Significance was assessed using likelihood ratio tests, comparing the hypothesis model to a null model that was identical to the hypothesis model save for the exclusion of the interaction/term under investigation. Effect sizes and bootstrapped 95% confidence intervals, which were estimated using the R-package ‘arm’, are reported in Tables 1 and S1. The full model was simplified, allowing for the creation of a minimally adequate model with more immediately interpretable effect sizes. Since the three-way interaction between season, average age and delta age; the two-way interaction between average age and delta age; the two-way interaction between season and average age; and the two-way interaction between season and delta age were non-significant, these terms were excluded during a step-wise backwards elimination process (Table 1). The resulting minimally adequate model included the main effects of season, average age, and delta age. Delta age was included irrespective of significance so as the difference between the effects of the delta and average age components could be assessed. This we did by estimating the difference between both effects and assessing whether the associated bootstrapped 95% Confidence Intervals overlapped zero (van de Pol & Wright 2009).
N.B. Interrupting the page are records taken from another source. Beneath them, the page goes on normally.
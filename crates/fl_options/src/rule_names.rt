//! The names of options that are rules of a filter.

ghost use Rattle.std.specs.Prelude.{◌≡◌};
ghost use Rattle.fl_options.specs.Rules as spec;

use bus_policy::{Level, RuleKind};

/// Returns the level that the option of this name gives, or `None` if it gives none.
pub(crate) fn level_named(name: &str) -> Option<Level>
    ensures { result ≡ spec.level_named name.now }
{
    match name {
        "--see" => Some(Level::See),
        "--talk" => Some(Level::Talk),
        "--own" => Some(Level::Own),
        _ => None,
    }
}

/// Returns the kind of messages that the option of this name has a rule for, or `None` if for none.
pub(crate) fn kind_named(name: &str) -> Option<RuleKind>
    ensures { result ≡ spec.kind_named name.now }
{
    match name {
        "--call" => Some(RuleKind::Call),
        "--broadcast" => Some(RuleKind::Broadcast),
        _ => None,
    }
}
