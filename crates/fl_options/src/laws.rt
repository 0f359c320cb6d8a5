//! Laws of all options, which follow from the definitions. Each law is the contract of a function
//! with an empty body.

ghost use Rattle.std.specs.Prelude.{◌≡◌, ◌++◌, ◌∷◌, [], List, ℕ, false, codes};
ghost use Rattle.fl_meta.specs.Entries.{mention_of};
ghost use Rattle.fl_meta.specs.declared.permission.PermList.TheVariants as lists;
ghost use Rattle.fl_meta.specs.declared.permission.Value.TheVariants as values;
ghost use Rattle.fl_options.specs.Options.{IsOfFile, is_option, option_layer};

/// States that what an option mentions is what an override that can be written mentions. So it can
/// itself be written to a file.
pub fn options_are_of_files()
    ensures { (word : List ℕ) → IsOfFile (option_layer word) }
{}

/// States that a word isn't an option if its name ends in an odd number of backslashes. In a list
/// they would escape the separator.
pub fn open_names_are_no_options()
    ensures place { is_option (codes "--filesystem=/a" ++ 92 ∷ []) ≡ false }
    ensures denial { is_option (codes "--nofilesystem=/a" ++ 92 ∷ []) ≡ false }
    ensures folder { is_option (codes "--persist=a" ++ 92 ∷ 92 ∷ 92 ∷ []) ≡ false }
    ensures even { option_layer (codes "--persist=a" ++ 92 ∷ 92 ∷ []) ≡ mention_of lists.Persistent
        (codes "a" ++ 92 ∷ 92 ∷ []) values.On ∷ [] }
{}
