//! Laws of all rules, which follow from the definitions. Each law is the contract of a function
//! with an empty body.

ghost use Rattle.std.specs.Prelude.{◌≡◌, ◌↔◌, ℕ, List, ◌++◌, Some, true, codes, nat_eq};
ghost use Rattle.std.specs.List.{starts_with};
ghost use Rattle.bus_rules.specs.declared.rule.Rule.{Rule};
ghost use Rattle.bus_rules.specs.Rules.{IsRule};
ghost use Rattle.fl_options.specs.Rules.{rule_read, is_rule};

/// States that a text is read as a rule exactly if it is that rule's text.
pub fn rules_are_read()
    ensures { (rule : Rule) (text : List ℕ) → IsRule rule text ↔ (rule_read text ≡ Some rule) }
{}

/// States that each rule begins with `--`.
pub fn rules_are_options()
    ensures { (word : List ℕ) → is_rule word ≡ true → starts_with nat_eq word (codes "--") ≡ true }
{}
We proceeded to re-run all analyses using only the 177 tracks (i.e. 78% of all tracks). We did so because birds migrating further south seemingly followed different, less efficient routes (see Figure 1), such that any difference in navigational performance might represent differences in destination rather than performance (see Tables S1 and S2).
Analysis of the effect of navigational efficiency on migratory timing and duration
To test whether the duration of migration, or the resulting arrival date (known to be under selection, at least in spring; see Moiron et al. 2024), varied with instantaneous deflection, for each route we regressed the overall time spent migrating (i.e. the time of the end of migration minus the time of migration onset, in days; assuming a Gaussian error distribution) or the Julian date of arrival against the average instantaneous deflection observed over the route, including individual identity as a random effect and season as a fixed effect.
As above, significance was assessed using likelihood ratio tests comparing the hypothesis model to a null model that was identical to the hypothesis model save for the exclusion of the interaction/term under investigation. All effect sizes and bootstrapped 95% confidence intervals are reported in Tables 2 and S2.